(Dataset entries)
*** Begin section ***
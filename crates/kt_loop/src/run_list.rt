//! The records of the open run, in memory that is used again.
//! The rules: docs/STREAMS.md, "Runs".
ghost use Rattle.std.specs.Prelude.{◌≡◌, [], ◌∷◌, ◌++◌, OnOk};

use kt_stream::{Placed, Reusable};
use std::alloc::{AllocError, Global};
use std::marker::Model;

/// The records of the open run. Those of the runs before it keep their memory, and are written over. Contracts see the list.
#[derive(Drop)]
pub(crate) struct RunList<E> {
    alloc: Global,
    records: Vec<Placed<E>>,
    used: usize,
}

impl<E> Model for RunList<E> {
    ghost use Rattle.std.specs.Prelude.{◌≤◌, List, length, take};
    ghost use Rattle.kt_stream.specs.declared.entry.Placed.{Placed};

    ghost Value = { List (Placed E) };

    ghost view = { λ run. take run.used run.records.items };

    ghost invariant = { λ run. run.used ≤ length run.records.items };
}

impl<E: Reusable> RunList<E> {
    /// No run is open. Asks for no memory.
    pub(crate) fn new(alloc: Global) -> Self
        ensures { result ≡ [] }
    {
        RunList {
            alloc,
            records: Vec::new(alloc),
            used: 0,
        }
    }

    /// Appends a record. An error is want of memory; nothing is said of the list then.
    pub(crate) fn push(&mut self, placed: &Placed<E>) -> Result<(), AllocError>
        ensures ok { OnOk result (self.new ≡ self.old ++ placed.now ∷ []) }
    {
        if self.used == self.records.len() {
            self.records.push(Placed::blank(self.alloc))?;
        }
        self.records[self.used].copy_from(placed)?;
        self.used += 1;
        Ok(())
    }

    /// Closes the run.
    pub(crate) fn clear(&mut self)
        ensures { self.new ≡ [] }
    {
        self.used = 0;
    }

    /// The records in order.
    pub(crate) fn as_slice(&self) -> &[Placed<E>]
        ensures value { result.now ≡ self.now }
    {
        &self.records[..self.used]
    }
}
*** End section ***
- WHAT IS REQUIRED:
Please give all the lines above again, exactly as they read.

- REPLY:
filename crates/kt_loop/src/run_list.rt
//! The records of the open run, in memory that is used again.
//! The rules: docs/STREAMS.md, "Runs".
ghost use Rattle.std.specs.Prelude.{◌≡◌, [], ◌∷◌, ◌++◌, OnOk};

use kt_stream::{Placed, Reusable};
use std::alloc::{AllocError, Global};
use std::marker::Model;

/// The records of the open run. Those of the runs before it keep their memory, and are written over. Contracts see the list.
#[derive(Drop)]
pub(crate) struct RunList<E> {
    alloc: Global,
    records: Vec<Placed<E>>,
    used: usize,
}

impl<E> Model for RunList<E> {
    ghost use Rattle.std.specs.Prelude.{◌≤◌, List, length, take};
    ghost use Rattle.kt_stream.specs.declared.entry.Placed.{Placed};

    ghost Value = { List (Placed E) };

    ghost view = { λ run. take run.used run.records.items };

    ghost invariant = { λ run. run.used ≤ length run.records.items };
}

impl<E: Reusable> RunList<E> {
    /// No run is open. Asks for no memory.
    pub(crate) fn new(alloc: Global) -> Self
        ensures { result ≡ [] }
    {
        RunList {
            alloc,
            records: Vec::new(alloc),
            used: 0,
        }
    }

    /// Appends a record. An error is want of memory; nothing is said of the list then.
    pub(crate) fn push(&mut self, placed: &Placed<E>) -> Result<(), AllocError>
        ensures ok { OnOk result (self.new ≡ self.old ++ placed.now ∷ []) }
    {
        if self.used == self.records.len() {
            self.records.push(Placed::blank(self.alloc))?;
        }
        self.records[self.used].copy_from(placed)?;
        self.used += 1;
        Ok(())
    }

    /// Closes the run.
    pub(crate) fn clear(&mut self)
        ensures { self.new ≡ [] }
    {
        self.used = 0;
    }

    /// The records in order.
    pub(crate) fn as_slice(&self) -> &[Placed<E>]
        ensures value { result.now ≡ self.now }
    {
        &self.records[..self.used]
    }
}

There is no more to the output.